Problem details = Begin at the top of the following data. Copy each line exactly until you have copied the line containing "has an end.".

Stored data:
◆ ◆ ◆ ◆

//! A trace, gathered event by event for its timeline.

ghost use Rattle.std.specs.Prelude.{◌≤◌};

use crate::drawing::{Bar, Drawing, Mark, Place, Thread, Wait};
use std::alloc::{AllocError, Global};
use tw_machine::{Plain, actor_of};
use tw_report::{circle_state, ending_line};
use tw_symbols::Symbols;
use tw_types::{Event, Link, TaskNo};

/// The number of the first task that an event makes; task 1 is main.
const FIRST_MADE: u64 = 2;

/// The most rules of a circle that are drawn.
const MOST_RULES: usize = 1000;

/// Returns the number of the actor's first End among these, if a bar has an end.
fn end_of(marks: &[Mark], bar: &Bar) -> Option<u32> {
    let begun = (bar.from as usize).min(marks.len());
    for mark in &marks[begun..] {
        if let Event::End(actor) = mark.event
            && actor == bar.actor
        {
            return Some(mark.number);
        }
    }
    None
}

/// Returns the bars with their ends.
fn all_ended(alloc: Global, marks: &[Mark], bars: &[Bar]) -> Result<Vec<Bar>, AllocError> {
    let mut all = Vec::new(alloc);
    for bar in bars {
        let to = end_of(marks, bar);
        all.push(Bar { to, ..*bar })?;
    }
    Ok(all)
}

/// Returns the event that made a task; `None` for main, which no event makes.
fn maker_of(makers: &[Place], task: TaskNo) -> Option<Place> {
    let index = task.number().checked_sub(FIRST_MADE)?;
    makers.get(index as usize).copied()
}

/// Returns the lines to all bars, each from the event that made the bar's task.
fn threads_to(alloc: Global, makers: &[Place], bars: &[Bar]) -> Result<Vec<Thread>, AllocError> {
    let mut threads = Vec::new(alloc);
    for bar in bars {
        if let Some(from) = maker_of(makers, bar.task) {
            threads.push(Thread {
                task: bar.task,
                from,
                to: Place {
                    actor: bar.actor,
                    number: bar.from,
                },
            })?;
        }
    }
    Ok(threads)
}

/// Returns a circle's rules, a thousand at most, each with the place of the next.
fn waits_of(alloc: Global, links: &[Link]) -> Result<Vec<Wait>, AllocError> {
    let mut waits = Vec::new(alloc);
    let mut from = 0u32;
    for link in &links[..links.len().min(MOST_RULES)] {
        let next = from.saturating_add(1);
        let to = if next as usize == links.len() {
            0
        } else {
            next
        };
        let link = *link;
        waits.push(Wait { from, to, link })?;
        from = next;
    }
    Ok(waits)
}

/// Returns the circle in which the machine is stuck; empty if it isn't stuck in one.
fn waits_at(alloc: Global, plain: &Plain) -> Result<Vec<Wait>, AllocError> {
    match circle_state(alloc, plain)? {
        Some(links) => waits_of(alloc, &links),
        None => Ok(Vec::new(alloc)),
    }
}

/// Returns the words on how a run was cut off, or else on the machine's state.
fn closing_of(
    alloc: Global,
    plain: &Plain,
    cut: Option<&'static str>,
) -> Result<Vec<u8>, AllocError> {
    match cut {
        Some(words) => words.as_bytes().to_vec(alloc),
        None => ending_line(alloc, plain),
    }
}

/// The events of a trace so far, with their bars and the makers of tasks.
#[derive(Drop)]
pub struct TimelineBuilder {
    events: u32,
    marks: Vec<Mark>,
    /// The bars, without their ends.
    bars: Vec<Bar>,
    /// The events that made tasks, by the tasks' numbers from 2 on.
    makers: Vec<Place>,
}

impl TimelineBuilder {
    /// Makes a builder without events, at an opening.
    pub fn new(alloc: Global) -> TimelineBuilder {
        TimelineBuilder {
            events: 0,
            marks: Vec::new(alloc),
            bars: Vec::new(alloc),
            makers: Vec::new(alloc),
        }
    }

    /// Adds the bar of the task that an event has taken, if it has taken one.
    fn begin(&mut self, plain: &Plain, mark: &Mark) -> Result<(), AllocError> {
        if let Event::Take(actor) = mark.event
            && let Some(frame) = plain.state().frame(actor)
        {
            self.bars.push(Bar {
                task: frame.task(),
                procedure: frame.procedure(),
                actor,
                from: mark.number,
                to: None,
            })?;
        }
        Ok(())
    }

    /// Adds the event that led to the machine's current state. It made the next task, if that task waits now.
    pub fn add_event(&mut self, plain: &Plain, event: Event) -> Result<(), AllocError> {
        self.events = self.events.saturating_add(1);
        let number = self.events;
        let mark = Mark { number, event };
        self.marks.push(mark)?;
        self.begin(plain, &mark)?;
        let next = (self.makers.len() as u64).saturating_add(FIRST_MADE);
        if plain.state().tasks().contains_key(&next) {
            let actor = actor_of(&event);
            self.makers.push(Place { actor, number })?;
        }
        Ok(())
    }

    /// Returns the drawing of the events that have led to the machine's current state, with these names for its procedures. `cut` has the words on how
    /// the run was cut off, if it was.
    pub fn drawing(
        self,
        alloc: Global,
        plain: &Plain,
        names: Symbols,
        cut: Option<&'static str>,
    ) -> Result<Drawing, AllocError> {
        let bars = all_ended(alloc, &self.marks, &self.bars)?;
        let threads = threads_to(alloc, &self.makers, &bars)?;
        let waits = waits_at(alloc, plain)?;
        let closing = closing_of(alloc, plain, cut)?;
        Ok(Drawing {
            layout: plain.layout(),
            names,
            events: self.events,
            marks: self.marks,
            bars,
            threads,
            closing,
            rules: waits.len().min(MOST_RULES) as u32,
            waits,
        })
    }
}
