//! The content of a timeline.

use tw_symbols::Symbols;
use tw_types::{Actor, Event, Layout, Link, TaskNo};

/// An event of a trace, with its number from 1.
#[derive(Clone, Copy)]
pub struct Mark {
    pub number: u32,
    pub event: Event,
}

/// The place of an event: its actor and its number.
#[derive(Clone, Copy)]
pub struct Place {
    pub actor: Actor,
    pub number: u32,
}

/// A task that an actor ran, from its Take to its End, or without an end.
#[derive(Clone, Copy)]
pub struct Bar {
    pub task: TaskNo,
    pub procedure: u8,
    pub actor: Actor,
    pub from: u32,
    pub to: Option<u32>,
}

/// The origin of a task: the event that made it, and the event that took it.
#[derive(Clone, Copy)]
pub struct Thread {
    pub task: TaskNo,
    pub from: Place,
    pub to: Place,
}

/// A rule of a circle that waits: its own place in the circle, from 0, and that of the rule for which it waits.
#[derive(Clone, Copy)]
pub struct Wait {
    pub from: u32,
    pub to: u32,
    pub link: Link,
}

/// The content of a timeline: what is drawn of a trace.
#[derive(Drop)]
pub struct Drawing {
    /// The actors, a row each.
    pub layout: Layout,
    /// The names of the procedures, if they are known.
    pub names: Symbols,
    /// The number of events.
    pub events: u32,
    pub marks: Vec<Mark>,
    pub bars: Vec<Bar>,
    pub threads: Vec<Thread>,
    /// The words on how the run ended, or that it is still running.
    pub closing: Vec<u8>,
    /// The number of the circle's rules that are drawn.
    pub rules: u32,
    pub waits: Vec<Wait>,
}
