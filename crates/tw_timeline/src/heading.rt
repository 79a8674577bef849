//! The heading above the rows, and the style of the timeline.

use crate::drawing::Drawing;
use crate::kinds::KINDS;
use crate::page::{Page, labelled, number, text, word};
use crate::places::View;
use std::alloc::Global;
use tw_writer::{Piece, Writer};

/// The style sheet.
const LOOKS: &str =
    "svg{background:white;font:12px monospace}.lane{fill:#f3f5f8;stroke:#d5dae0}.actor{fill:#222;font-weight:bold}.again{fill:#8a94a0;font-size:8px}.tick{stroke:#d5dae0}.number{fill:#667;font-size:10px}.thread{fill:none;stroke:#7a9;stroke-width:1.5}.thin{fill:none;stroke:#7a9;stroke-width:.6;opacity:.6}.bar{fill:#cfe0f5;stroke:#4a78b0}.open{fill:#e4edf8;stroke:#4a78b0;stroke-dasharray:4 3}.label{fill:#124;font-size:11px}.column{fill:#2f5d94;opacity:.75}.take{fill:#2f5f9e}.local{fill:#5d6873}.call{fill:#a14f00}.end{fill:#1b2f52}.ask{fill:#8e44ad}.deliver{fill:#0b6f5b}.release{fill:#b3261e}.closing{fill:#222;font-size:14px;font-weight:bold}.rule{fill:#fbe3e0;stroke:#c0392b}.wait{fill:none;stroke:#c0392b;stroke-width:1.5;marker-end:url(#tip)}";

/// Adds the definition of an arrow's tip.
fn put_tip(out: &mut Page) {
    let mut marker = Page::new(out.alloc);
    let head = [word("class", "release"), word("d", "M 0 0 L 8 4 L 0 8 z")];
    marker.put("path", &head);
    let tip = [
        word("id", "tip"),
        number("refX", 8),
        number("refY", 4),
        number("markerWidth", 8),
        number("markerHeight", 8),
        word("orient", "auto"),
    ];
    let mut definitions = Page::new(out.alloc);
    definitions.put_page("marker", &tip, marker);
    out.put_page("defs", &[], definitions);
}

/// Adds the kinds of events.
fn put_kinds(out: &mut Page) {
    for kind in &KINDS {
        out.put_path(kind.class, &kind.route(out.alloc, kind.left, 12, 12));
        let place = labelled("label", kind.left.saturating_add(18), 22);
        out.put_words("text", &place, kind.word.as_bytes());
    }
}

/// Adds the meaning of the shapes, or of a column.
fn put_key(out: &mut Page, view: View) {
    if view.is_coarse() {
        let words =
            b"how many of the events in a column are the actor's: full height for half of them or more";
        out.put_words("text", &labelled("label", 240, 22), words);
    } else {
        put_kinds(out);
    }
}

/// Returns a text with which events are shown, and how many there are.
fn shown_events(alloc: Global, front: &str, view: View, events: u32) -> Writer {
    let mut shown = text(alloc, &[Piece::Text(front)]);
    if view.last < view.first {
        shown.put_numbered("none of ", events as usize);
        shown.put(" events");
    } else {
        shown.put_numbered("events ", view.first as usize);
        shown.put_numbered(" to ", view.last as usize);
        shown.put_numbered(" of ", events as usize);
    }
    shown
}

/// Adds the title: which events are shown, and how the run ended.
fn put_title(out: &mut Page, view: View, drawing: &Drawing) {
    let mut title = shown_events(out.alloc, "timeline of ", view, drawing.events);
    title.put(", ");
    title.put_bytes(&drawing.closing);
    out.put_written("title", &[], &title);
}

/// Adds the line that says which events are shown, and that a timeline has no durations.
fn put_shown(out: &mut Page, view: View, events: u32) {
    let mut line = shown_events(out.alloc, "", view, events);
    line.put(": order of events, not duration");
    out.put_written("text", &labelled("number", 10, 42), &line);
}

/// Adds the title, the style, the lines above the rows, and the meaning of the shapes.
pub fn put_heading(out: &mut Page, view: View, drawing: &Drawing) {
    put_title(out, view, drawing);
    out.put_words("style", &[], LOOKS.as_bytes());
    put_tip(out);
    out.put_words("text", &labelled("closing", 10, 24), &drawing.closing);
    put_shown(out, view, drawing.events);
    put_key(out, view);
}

◆ ◆ ◆ ◆

Written answer =
//! A trace, gathered event by event for its timeline.

ghost use Rattle.std.specs.Prelude.{◌≤◌};

use crate::drawing::{Bar, Drawing, Mark, Place, Thread, Wait};
use std::alloc::{AllocError, Global};
use tw_machine::{Plain, actor_of};
use tw_report::{circle_state, ending_line};
use tw_symbols::Symbols;
use tw_types::{Event, Link, TaskNo};

/// The number of the first task that an event makes; task 1 is main.
const FIRST_MADE: u64 = 2;

/// The most rules of a circle that are drawn.
const MOST_RULES: usize = 1000;

/// Returns the number of the actor's first End among these, if a bar has an end.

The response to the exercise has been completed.